**Work instruction**
Repeat the stretch of entries below from the line with "Err(Cause::DirInvalid)" through the line with "fn context_in(features: Features, words: Option<[u64;". Include both ends and add nothing.

◆ ◆ ◆ ◆ ◆ ◆ ◆

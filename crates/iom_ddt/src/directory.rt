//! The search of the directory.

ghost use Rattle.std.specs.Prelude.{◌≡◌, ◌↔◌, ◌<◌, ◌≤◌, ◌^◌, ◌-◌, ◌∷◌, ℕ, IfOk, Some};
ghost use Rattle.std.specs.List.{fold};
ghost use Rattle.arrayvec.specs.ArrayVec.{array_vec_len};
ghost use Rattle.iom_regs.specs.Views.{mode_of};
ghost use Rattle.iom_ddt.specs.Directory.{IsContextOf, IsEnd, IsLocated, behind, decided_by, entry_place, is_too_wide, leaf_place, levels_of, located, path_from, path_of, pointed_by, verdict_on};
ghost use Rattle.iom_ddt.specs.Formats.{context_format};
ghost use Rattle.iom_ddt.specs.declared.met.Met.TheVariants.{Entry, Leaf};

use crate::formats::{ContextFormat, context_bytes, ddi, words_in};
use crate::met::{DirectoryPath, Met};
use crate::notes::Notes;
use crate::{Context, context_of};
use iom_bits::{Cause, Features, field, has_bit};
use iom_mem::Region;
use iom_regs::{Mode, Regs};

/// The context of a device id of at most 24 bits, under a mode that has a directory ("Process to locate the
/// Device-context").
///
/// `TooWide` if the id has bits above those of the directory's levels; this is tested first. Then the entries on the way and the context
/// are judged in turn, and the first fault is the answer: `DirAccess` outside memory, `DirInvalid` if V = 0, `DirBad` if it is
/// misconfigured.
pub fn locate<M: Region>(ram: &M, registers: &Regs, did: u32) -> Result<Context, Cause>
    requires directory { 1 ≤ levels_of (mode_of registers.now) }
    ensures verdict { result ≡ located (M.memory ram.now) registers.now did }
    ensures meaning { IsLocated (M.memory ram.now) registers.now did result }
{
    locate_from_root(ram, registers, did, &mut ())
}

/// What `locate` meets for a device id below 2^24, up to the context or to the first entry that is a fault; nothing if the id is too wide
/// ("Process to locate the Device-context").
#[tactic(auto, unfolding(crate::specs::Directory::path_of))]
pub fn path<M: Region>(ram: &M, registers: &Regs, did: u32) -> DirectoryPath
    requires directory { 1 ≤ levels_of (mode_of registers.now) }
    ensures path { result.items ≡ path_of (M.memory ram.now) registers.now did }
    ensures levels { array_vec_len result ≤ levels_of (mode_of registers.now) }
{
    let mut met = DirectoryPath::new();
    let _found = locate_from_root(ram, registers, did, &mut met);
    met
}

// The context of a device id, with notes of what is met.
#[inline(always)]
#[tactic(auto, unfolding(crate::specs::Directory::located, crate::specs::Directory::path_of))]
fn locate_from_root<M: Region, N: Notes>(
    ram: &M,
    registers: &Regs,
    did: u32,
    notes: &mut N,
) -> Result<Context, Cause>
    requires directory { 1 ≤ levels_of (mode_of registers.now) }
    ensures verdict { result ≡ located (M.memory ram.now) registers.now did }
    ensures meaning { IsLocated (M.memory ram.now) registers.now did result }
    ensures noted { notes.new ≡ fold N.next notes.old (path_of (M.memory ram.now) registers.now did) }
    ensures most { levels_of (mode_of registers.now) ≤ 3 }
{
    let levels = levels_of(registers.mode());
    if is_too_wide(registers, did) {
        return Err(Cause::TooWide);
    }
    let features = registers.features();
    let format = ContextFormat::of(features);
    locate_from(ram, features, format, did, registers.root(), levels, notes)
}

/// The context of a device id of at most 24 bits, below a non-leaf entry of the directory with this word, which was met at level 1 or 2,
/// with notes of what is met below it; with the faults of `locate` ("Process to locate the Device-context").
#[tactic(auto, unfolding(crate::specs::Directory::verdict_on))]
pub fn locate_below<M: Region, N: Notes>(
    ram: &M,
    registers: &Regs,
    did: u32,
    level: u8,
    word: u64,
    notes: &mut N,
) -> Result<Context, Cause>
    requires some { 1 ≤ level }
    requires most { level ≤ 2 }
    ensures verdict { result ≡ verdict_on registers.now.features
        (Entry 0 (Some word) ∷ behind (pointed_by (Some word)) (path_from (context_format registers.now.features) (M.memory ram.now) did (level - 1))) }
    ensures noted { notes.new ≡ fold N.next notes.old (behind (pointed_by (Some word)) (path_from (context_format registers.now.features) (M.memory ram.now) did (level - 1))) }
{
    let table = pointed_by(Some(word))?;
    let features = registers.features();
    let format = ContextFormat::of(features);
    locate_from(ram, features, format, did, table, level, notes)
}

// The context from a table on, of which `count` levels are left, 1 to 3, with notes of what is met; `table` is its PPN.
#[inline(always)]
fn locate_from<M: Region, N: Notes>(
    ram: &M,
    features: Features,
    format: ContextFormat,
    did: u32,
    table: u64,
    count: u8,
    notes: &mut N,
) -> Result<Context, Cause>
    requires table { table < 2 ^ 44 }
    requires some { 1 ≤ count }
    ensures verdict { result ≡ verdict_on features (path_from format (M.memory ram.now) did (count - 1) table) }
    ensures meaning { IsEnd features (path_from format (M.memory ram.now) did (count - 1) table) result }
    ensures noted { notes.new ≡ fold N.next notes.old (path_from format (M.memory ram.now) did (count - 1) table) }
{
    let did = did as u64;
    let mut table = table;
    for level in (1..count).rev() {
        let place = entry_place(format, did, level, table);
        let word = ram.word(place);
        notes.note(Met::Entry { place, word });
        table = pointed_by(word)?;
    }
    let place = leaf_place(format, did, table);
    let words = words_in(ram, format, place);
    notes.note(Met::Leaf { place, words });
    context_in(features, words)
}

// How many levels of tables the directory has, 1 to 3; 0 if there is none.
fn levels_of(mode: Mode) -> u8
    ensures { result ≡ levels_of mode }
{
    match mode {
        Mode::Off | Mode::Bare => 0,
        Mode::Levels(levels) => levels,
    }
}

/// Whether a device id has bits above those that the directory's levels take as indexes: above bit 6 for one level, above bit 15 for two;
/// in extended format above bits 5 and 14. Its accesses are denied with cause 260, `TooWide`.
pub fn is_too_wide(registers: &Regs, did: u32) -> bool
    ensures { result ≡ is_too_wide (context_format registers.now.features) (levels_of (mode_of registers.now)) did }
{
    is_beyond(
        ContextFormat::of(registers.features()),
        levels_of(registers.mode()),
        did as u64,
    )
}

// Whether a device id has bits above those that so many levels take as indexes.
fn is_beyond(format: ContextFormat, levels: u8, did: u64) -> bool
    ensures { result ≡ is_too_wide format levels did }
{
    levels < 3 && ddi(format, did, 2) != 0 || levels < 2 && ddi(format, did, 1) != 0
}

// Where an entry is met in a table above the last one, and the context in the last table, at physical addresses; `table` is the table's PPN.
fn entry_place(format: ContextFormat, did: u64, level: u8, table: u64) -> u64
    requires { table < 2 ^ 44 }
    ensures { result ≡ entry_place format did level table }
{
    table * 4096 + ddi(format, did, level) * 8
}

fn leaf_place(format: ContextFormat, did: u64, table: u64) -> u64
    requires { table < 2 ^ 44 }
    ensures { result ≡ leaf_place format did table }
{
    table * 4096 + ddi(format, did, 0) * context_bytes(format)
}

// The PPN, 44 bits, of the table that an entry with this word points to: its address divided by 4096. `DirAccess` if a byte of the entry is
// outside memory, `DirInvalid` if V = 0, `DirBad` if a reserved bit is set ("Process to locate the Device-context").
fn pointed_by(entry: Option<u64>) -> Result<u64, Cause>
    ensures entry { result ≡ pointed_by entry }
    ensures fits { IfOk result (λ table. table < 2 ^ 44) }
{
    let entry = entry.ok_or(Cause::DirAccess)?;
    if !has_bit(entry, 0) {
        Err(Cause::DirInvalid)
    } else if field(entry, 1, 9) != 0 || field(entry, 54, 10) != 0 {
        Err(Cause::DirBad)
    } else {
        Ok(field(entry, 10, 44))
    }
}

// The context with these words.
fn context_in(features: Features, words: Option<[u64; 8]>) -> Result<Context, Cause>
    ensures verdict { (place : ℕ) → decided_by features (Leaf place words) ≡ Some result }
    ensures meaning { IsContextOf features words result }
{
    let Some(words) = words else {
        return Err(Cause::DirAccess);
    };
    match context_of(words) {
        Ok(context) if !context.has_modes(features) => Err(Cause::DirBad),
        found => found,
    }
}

◆ ◆ ◆ ◆ ◆ ◆ ◆

**Answer space**
        Err(Cause::DirInvalid)
    } else if field(entry, 1, 9) != 0 || field(entry, 54, 10) != 0 {
        Err(Cause::DirBad)
    } else {
        Ok(field(entry, 10, 44))
    }
}

// The context with these words.
fn context_in(features: Features, words: Option<[u64; 8]>) -> Result<Context, Cause>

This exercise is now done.